* To do
The lines to find are those in the entries that hold the word "case"; copy every one of them.

━━━ Supplied material

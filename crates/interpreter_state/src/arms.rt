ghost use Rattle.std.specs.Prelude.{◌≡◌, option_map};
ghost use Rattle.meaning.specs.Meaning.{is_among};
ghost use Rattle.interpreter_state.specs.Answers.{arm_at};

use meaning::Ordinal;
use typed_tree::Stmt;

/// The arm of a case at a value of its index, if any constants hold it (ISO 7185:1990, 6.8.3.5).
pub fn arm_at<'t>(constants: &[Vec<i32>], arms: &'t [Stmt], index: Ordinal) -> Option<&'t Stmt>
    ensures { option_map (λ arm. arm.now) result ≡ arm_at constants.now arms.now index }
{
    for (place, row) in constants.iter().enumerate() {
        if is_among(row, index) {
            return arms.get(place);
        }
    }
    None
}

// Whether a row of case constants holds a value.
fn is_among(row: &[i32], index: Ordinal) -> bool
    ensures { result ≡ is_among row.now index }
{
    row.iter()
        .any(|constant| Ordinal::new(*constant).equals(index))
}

━━━━━━

* Written response
/// The arm of a case at a value of its index, if any constants hold it (ISO 7185:1990, 6.8.3.5).
// Whether a row of case constants holds a value.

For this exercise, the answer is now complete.